»»

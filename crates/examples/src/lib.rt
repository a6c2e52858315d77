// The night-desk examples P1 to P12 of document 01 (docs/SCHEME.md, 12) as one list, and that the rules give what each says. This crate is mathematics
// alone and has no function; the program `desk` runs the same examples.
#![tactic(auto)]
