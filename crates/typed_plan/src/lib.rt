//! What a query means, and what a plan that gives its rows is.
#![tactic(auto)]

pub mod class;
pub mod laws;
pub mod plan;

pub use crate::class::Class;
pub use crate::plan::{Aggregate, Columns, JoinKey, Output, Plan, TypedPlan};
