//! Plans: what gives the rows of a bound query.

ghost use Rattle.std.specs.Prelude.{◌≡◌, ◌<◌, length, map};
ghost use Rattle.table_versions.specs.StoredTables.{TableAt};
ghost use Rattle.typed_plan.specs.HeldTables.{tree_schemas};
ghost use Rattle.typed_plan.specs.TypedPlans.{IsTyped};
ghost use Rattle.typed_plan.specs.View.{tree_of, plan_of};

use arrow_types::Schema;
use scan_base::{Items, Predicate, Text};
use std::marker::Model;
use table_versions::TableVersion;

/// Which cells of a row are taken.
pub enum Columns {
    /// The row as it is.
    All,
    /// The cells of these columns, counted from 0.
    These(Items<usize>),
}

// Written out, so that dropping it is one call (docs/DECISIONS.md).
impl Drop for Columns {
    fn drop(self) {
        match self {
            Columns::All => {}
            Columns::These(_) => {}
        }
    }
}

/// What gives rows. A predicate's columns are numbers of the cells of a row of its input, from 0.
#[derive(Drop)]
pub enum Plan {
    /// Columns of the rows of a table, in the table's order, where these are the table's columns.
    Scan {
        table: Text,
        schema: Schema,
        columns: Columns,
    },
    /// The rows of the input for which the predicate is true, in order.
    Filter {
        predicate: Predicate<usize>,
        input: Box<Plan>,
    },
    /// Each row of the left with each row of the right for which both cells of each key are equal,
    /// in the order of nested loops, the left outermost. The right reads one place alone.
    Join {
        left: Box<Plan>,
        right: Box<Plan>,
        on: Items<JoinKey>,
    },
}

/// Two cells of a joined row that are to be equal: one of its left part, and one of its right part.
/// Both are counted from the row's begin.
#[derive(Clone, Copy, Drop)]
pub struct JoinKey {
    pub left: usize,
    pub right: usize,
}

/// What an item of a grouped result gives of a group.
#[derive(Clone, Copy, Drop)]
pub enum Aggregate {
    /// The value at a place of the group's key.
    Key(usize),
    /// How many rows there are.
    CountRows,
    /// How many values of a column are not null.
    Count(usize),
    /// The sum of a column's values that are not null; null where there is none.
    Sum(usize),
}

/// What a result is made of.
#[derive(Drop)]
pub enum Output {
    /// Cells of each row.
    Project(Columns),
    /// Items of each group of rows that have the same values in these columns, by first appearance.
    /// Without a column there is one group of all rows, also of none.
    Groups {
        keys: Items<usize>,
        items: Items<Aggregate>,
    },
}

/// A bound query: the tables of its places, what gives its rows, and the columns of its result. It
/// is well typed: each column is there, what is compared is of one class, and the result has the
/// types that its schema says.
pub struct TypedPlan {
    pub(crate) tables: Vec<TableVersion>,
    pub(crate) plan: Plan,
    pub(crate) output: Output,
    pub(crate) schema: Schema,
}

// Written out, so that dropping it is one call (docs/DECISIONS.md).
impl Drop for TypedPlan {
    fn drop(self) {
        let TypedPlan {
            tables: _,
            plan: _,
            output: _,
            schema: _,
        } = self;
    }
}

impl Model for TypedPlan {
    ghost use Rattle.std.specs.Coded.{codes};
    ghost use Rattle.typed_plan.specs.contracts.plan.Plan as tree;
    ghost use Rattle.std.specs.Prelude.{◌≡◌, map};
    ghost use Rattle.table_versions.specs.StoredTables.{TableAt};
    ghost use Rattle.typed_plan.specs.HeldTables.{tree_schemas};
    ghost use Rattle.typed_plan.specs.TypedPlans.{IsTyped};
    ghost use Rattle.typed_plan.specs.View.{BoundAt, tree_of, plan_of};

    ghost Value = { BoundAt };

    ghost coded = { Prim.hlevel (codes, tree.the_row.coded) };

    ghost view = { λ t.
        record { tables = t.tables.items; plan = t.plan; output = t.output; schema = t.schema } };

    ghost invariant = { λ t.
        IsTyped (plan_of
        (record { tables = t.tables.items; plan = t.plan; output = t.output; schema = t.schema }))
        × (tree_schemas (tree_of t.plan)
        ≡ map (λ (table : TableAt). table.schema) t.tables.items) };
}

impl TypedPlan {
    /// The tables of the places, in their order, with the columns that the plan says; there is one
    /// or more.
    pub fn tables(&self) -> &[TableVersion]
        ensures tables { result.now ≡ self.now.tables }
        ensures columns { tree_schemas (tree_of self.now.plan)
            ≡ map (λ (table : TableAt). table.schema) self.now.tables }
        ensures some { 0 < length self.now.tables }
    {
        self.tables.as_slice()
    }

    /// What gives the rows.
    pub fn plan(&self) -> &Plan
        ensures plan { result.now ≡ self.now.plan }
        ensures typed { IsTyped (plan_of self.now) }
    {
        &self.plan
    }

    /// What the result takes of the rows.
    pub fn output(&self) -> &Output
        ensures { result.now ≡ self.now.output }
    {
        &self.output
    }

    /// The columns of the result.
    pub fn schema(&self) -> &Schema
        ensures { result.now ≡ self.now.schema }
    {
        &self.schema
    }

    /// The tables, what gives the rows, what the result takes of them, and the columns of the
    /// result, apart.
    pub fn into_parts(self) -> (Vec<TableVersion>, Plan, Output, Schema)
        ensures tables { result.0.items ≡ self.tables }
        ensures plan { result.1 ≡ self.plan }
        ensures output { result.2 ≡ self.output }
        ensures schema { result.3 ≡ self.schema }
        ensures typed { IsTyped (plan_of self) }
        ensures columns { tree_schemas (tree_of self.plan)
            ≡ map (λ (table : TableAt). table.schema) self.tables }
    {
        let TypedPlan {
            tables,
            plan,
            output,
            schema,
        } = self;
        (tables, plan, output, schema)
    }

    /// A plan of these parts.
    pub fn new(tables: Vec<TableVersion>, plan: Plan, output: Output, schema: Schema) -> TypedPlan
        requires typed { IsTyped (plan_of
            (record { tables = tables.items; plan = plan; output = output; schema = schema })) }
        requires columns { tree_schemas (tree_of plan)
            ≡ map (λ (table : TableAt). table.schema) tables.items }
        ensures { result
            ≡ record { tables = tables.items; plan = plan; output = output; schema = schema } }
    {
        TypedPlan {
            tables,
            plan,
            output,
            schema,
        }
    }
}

««

Please copy the lines above from the line with "there is none." up to and including the line with "by first appearance.", exactly as written and with nothing else.

**Reply**:
    /// The sum of a column's values that are not null; null where there is none.
    Sum(usize),
}

/// What a result is made of.
#[derive(Drop)]
pub enum Output {
    /// Cells of each row.
    Project(Columns),
    /// Items of each group of rows that have the same values in these columns, by first appearance.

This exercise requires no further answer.